Das muss man wissen: Der CT6 steht ab September bei den wenigen Cadillac-Händlern hierzulande. Er kostet mindestens 73.500 Euro und wird in Deutschland nur in einer Antriebsvariante angeboten. In Europa setzt Cadillac ausschließlich auf einen neuen 3,0-Liter-V6-Motor mit Doppelturbo und Zylinderabschaltung. Mit einem wunderbar garstigen Knurren mobilisiert das Aggregat 417 PS Leistung und 555 Nm Drehmoment.

Der Antrieb wirft zwei Fragen auf: Warum, und das ist beim Prestige-Duell mit den Platzhirschen im Mutterland der Autobahn durchaus von Bedeutung, ist bei Tempo 240 Schluss? Und warum kommt die leichteste Luxuslimousine mit einem der modernsten Sechszylinder auf einen Normverbrauch von 9,6 Liter? Nun darf bei den Leistungsdaten keiner Wunderdinge erwarten und vergleichbare Triebwerke deutscher Hersteller sind auch keine Kostverächter. Und doch liegt die Cadillac-Angabe über dem, was man erwarten würde - zumindest in dieser Disziplin bleibt der Cadillac einem der US-Car-Klischees treu.

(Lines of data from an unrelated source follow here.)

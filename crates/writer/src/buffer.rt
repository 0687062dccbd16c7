// Bytes put into a buffer that is lent. Each call answers for any buffer and any offset.

ghost use Rattle.std.specs.Prelude.{◌≡◌, ◌+◌, ◌≤◌, length, leb};
ghost use Rattle.writer.specs.Promise.{Copies};
ghost use Rattle.writer.specs.Laws.{PutText};

// Whether a text of `size` bytes has room from `at` on.
pub fn has_room(len: usize, at: usize, size: usize) -> bool
    ensures { result ≡ leb (at + size) len }
{
    if len < at {
        return false;
    }
    size <= len - at
}

// All of a text.
fn put_bytes(out: &mut [u8], at: usize, text: &[u8]) -> usize
    requires { at + length text.now ≤ length out.old }
    ensures { PutText out.old at text.now out.new result }
{
    let end = at + text.len();
    out[at..end].copy_from_slice(text);
    end
}

// Bytes as they stand: the answer tells the offset after them, or there is no room.
pub fn copy_text(out: &mut [u8], at: usize, text: &[u8]) -> Option<usize>
    ensures { Copies text.now out.old at out.new result }
{
    if has_room(out.len(), at, text.len()) {
        Some(put_bytes(out, at, text))
    } else {
        None
    }
}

Das werden wir nicht vergessen: Der Cadillac CT6 soll so eigenständig daherkommen wie nur möglich, doch bei Details kopieren die US-Ingenieure europäische Vorbilder. Die pfundschweren Aschenbecher etwa kennt man von Bentley, das Touchpad auf dem Mitteltunnel von Audi und im Buhlen um die Gunst der Mercedes-Kunden hat Cadillac die Schalter für die Sitzverstellung in die Tür verlegt - wie beim Wagen aus Sindelfingen. Das nächste Mal mehr Selbstbewusstsein, bitte.